### TASK BRIEF
From the entries below, return exactly the lines beginning at the one that contains "in one turn." and ending at the one that contains "for that reason.", both of them included, and only those lines.

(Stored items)
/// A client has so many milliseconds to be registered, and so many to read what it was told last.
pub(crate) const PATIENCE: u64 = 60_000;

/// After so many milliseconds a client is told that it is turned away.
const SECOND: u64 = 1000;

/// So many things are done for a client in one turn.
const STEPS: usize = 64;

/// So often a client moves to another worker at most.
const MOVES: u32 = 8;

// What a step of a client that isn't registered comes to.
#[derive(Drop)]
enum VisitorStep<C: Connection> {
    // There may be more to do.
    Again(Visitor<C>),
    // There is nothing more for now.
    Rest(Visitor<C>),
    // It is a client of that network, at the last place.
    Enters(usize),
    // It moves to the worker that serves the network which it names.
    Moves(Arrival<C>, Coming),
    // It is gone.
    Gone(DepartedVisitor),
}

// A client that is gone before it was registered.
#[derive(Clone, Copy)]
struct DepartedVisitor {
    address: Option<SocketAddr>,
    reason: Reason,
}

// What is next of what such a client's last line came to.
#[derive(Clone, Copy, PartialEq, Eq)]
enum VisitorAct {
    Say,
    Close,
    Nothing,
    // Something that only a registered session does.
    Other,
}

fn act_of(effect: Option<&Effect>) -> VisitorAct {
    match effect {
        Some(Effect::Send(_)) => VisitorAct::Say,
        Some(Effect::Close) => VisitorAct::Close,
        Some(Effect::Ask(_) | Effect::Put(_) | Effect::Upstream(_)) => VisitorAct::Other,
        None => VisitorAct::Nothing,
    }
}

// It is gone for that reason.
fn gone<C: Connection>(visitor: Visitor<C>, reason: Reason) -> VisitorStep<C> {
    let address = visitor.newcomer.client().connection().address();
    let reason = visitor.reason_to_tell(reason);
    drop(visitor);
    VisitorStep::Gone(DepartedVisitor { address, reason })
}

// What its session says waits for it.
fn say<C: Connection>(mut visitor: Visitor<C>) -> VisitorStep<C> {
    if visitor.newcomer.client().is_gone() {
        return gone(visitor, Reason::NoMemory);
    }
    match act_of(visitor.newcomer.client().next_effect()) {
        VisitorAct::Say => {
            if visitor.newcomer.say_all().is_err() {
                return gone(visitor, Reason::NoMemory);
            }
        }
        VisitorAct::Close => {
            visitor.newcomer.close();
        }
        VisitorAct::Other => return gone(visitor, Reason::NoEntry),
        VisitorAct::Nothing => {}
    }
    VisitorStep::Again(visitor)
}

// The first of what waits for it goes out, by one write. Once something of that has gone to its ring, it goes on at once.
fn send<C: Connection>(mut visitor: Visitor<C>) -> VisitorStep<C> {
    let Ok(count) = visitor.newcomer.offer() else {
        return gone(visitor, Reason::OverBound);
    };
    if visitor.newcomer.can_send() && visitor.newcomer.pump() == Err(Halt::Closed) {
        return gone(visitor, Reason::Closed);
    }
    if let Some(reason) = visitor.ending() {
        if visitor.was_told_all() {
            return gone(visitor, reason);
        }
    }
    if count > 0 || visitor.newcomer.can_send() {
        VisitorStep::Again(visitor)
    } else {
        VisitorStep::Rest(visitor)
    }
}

### OUTPUT BELOW
/// So many things are done for a client in one turn.
const STEPS: usize = 64;

/// So often a client moves to another worker at most.
const MOVES: u32 = 8;

// What a step of a client that isn't registered comes to.
#[derive(Drop)]
enum VisitorStep<C: Connection> {
    // There may be more to do.
    Again(Visitor<C>),
    // There is nothing more for now.
    Rest(Visitor<C>),
    // It is a client of that network, at the last place.
    Enters(usize),
    // It moves to the worker that serves the network which it names.
    Moves(Arrival<C>, Coming),
    // It is gone.
    Gone(DepartedVisitor),
}

// A client that is gone before it was registered.
#[derive(Clone, Copy)]
struct DepartedVisitor {
    address: Option<SocketAddr>,
    reason: Reason,
}

// What is next of what such a client's last line came to.
#[derive(Clone, Copy, PartialEq, Eq)]
enum VisitorAct {
    Say,
    Close,
    Nothing,
    // Something that only a registered session does.
    Other,
}

fn act_of(effect: Option<&Effect>) -> VisitorAct {
    match effect {
        Some(Effect::Send(_)) => VisitorAct::Say,
        Some(Effect::Close) => VisitorAct::Close,
        Some(Effect::Ask(_) | Effect::Put(_) | Effect::Upstream(_)) => VisitorAct::Other,
        None => VisitorAct::Nothing,
    }
}

// It is gone for that reason.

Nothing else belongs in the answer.